- _Collected data entries_
= = = = = = =
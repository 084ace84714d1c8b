//! Where the bytes of a CSV file stand, as far as its records are counted.
ghost use Rattle.std.specs.Prelude.{◌≡◌};
ghost use Rattle.csv.specs.Machine.{ends_at_end, in_field};
ghost use Rattle.csv.specs.Reading.{default_config};
ghost use Rattle.loader.specs.Counting as counting;

/// Where in a record the next byte stands.
#[derive(Clone, Copy)]
pub enum RecordState {
    /// Before a record.
    Between,
    /// At the beginning of a field.
    FieldStart,
    /// In a field, outside of quotes.
    Field,
    /// Within quotes.
    Quoted,
    /// Behind a quote that ends a quoted part, unless another follows.
    QuoteEnd,
}

#[inline(always)]
pub fn is_line_end(byte: u8) -> bool
    ensures { result ≡ counting.is_line_end byte }
{
    byte == b'\r' || byte == b'\n'
}

/// The state behind a byte that isn't a quote with a meaning.
#[inline(always)]
pub fn behind_plain(byte: u8) -> RecordState
    ensures { counting.state_at result ≡ counting.settled (in_field default_config byte).0 }
{
    if byte == b',' {
        return RecordState::FieldStart;
    }
    if is_line_end(byte) {
        return RecordState::Between;
    }
    RecordState::Field
}

impl RecordState {
    /// The state behind a quote.
    fn behind_quote(self) -> RecordState
        ensures { counting.state_at result ≡ counting.next_state (counting.state_at self) 34 }
    {
        match self {
            RecordState::Between => RecordState::Quoted,
            RecordState::FieldStart => RecordState::Quoted,
            RecordState::Field => RecordState::Field,
            RecordState::Quoted => RecordState::QuoteEnd,
            RecordState::QuoteEnd => RecordState::Quoted,
        }
    }

    /// The state behind a byte.
    #[inline(always)]
    pub fn behind(self, byte: u8) -> RecordState
        ensures { counting.state_at result ≡ counting.next_state (counting.state_at self) byte }
    {
        if byte == b'"' {
            return self.behind_quote();
        }
        if !self.is_unquoted() {
            return RecordState::Quoted;
        }
        behind_plain(byte)
    }

    /// Whether a byte ends a record.
    #[inline(always)]
    pub fn ends_record(self, byte: u8) -> bool
        ensures { result ≡ counting.ends_record (counting.state_at self) byte }
    {
        is_line_end(byte) & self.is_open() & self.is_unquoted()
    }

    /// Whether it is outside of quotes.
    #[inline(always)]
    pub fn is_unquoted(self) -> bool
        ensures { result ≡ counting.is_unquoted (counting.state_at self) }
    {
        !matches!(self, RecordState::Quoted)
    }

    /// Whether it is within a record, which a line end or the end of the file ends.
    #[inline(always)]
    pub fn is_open(self) -> bool
        ensures { result ≡ ends_at_end (counting.state_at self) }
    {
        !matches!(self, RecordState::Between)
    }
}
= = = = = = =
- _TO DO_
Exactly as they stand, write out all of the entries.

- _FINISHED EXERCISE_
repository 084ace84714d1c8b
//! Where the bytes of a CSV file stand, as far as its records are counted.
ghost use Rattle.std.specs.Prelude.{◌≡◌};
ghost use Rattle.csv.specs.Machine.{ends_at_end, in_field};
ghost use Rattle.csv.specs.Reading.{default_config};
ghost use Rattle.loader.specs.Counting as counting;

/// Where in a record the next byte stands.
#[derive(Clone, Copy)]
pub enum RecordState {
    /// Before a record.
    Between,
    /// At the beginning of a field.
    FieldStart,
    /// In a field, outside of quotes.
    Field,
    /// Within quotes.
    Quoted,
    /// Behind a quote that ends a quoted part, unless another follows.
    QuoteEnd,
}

#[inline(always)]
pub fn is_line_end(byte: u8) -> bool
    ensures { result ≡ counting.is_line_end byte }
{
    byte == b'\r' || byte == b'\n'
}

/// The state behind a byte that isn't a quote with a meaning.
#[inline(always)]
pub fn behind_plain(byte: u8) -> RecordState
    ensures { counting.state_at result ≡ counting.settled (in_field default_config byte).0 }
{
    if byte == b',' {
        return RecordState::FieldStart;
    }
    if is_line_end(byte) {
        return RecordState::Between;
    }
    RecordState::Field
}

impl RecordState {
    /// The state behind a quote.
    fn behind_quote(self) -> RecordState
        ensures { counting.state_at result ≡ counting.next_state (counting.state_at self) 34 }
    {
        match self {
            RecordState::Between => RecordState::Quoted,
            RecordState::FieldStart => RecordState::Quoted,
            RecordState::Field => RecordState::Field,
            RecordState::Quoted => RecordState::QuoteEnd,
            RecordState::QuoteEnd => RecordState::Quoted,
        }
    }

    /// The state behind a byte.
    #[inline(always)]
    pub fn behind(self, byte: u8) -> RecordState
        ensures { counting.state_at result ≡ counting.next_state (counting.state_at self) byte }
    {
        if byte == b'"' {
            return self.behind_quote();
        }
        if !self.is_unquoted() {
            return RecordState::Quoted;
        }
        behind_plain(byte)
    }

    /// Whether a byte ends a record.
    #[inline(always)]
    pub fn ends_record(self, byte: u8) -> bool
        ensures { result ≡ counting.ends_record (counting.state_at self) byte }
    {
        is_line_end(byte) & self.is_open() & self.is_unquoted()
    }

    /// Whether it is outside of quotes.
    #[inline(always)]
    pub fn is_unquoted(self) -> bool
        ensures { result ≡ counting.is_unquoted (counting.state_at self) }
    {
        !matches!(self, RecordState::Quoted)
    }

    /// Whether it is within a record, which a line end or the end of the file ends.
    #[inline(always)]
    pub fn is_open(self) -> bool
        ensures { result ≡ ends_at_end (counting.state_at self) }
    {
        !matches!(self, RecordState::Between)
    }
}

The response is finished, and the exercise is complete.